You're reading: Industrial parks boost economies in many countries; Ukraine lags

Industrial parks have yet to take off in Ukraine although, at least on paper, the country possesses many of the characteristics such developments often rely on to attract investment, including cheap labor and cheap energy.

The country is also well-placed geographically, with the markets of Russia to the east and Europe to the west, as well as some 40 million consumers at home.

But the problem is that in Ukraine “there is no culture of industrial parks, no understanding of the entire process and no particular motivation to organize them,” according to Stanislav German, the CEO of Mirotske Industrial Park.
German’s own park 15 kilometers from Kyiv is among the 30 or so industrial parks in Ukraine which are in various states of development and functionality.

Nick Cotton, managing director at consultancy DTZ Ukraine, puts it simply: “There are no true operating industrial parks in Ukraine.” But this, he says, has less to do with a lack of understanding on the part of companies of the benefits of locating in such parks and more about a lack of financing.

“Poor political and judicial processes in Ukraine affect overall foreign direct investment confidence and critically restrict the appetite and capacity of banks to lend long term development finance,” he told the Kyiv Post. “This is critical for large developments such as industrial parks, which can take many years to develop slowly to maturity.”

Margus Vihman, chief operating officer at Port of Tallinn.

Margus Vihman, chief operating officer at Port of Tallinn.

Outside help

Elsewhere in Europe the initial funding for an industrial park has in many cases come from the European Union, often in partnership with local or regional authorities.
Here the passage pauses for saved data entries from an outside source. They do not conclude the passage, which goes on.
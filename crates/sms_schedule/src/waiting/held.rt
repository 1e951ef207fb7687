//! Which references are held by what waits.
ghost use Rattle.std.specs.Prelude.{◌≡◌, ◌≢◌, ℕ, List, [], ◌++◌, slice_get, true, Some};
ghost use Rattle.sms_centre_rows.specs.waiting.References.{AreHeld};
ghost use Rattle.sms_centre_rows.specs.declared.waiting.queued_part.QueuedPart.{QueuedPart as QueuedOf};

use sms_centre_rows::waiting::QueuedPart;

/// No reference is held.
pub(crate) fn none_held() -> [bool; 256]
    ensures { AreHeld result [] }
{
    [false; 256]
}

fn hold(held: &mut [bool; 256], reference: u8)
    ensures this { slice_get held.new reference ≡ Some true }
    ensures others { (r : ℕ) → r ≢ reference → slice_get held.new r ≡ slice_get held.old r }
{
    held[usize::from(reference)] = true;
}

/// For each reference whether something that waits holds it, where these wait behind the others. So a reference is found in one walk
/// through what waits, also where the handset holds nearly all of them.
pub(crate) fn held_with(held: [bool; 256], waiting: &[QueuedPart]) -> [bool; 256]
    ensures { (others : List QueuedOf) → AreHeld held others → AreHeld result (others ++ waiting.now) }
{
    let mut held = held;
    for queued in waiting {
        hold(&mut held, queued.reference);
    }
    held
}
Such is the case in Poland, which can today boast of a dynamic industrial and technology park sector.
The country’s first such development, the Poznan Science & Technology Park, was founded in 1995. But from 2004, when Poland became of a member of the European Union, investment stepped up considerably.

“At the beginning it was mostly European money and there was a lot of money from local government,” said Marzena Mazewska, the president of the Polish Business and Innovation Centers Association, a Warsaw-based non-governmental organization which works to promote small and medium-sized enterprises.

According to Mazewska, in recent years E.U. funding has decreased significantly but the success of industrial parks means they now make enough money to support themselves and many firms still want to join them, even if they have to do so without financial help from the 28-nation bloc.

But foreign companies attracted to Poland a decade ago by the ready availability and low cost of labor now have reason to look elsewhere. The country’s economic success means the current unemployment rate of 8.5 percent is near its lowest-ever level in Polish post-communist history and wages have gone up.

“Some firms will go but many will stay in Poland because the legal, social and economic environment is quite good,” said Mazewska. “Once you weigh up the risks of moving, it can often be better to stay, although of course some will try to move east.”

Nick Cotton, managing director at DTZ Ukraine.

Nick Cotton, managing director at DTZ Ukraine.

Mobile capital

The challenge of fending off global competition to attract foreign investment is something entirely familiar to Margus Vihman, the chief commercial officer at Port of Tallinn, Estonia’s port authority. The state-owned company manages an industrial park at Muuga Harbor, some 17 kilometres from the Estonian capital.

Vihman told the Kyiv Post that a great deal of investment has been made at the harbor so that it will stand out in what is a crowded marketplace.

“We don’t have many competitors in Estonia but of course all the ports of the Baltic Sea and the Black Sea are our main competitors,” he said.

“Our advantage is that we are close to Russia and we have very good connections to Scandinavia. Anyone ready to make investments there but who might be looking for cheaper labor conditions and slightly better tax conditions, they would be our target groups.”

Muuga Harbour’s proximity to Russia was a key factor for Belgian logistics firm Katoen Natie, which ships large volumes both to and from the country. The company’s managing director in Estonia, Mart Melles, says establishing operations in Russia itself was considered but ultimately rejected.

“We did a very serious study into establishing our own logistics center in Russia,” he said. “But we decided not to go there because the political and business environment is not acceptable.”

For similar reasons Ukraine does not currently feature on Katoen Natie’s list of potential investment destinations, with Melles citing the Kremlin’s military aggression against the country as the main stumbling block.

“It’s war over there, it’s a warzone. If they can stop the war in Ukraine first, then we might consider looking around to find out if it’s interesting for us or not,” he said.

Emulation not simulation

The success of industrial parks in neighboring countries has not gone unnoticed by Ukraine’s Investment Promotion Office. Ivan Yuryk, a relationship manager at the agency, believes that if Ukraine is to see similar results if will need to introduce legislation in order to deepen existing laws which grant businesses located in industrial parks preferential treatment in terms of administration, tax and customs.

But that, he says, is still only part of the puzzle, with foreign investors likely to hold off on entering Ukraine until they are convinced that fundamental values like the rule of law and the protection of property rights are being “maintained to the highest EU standards.”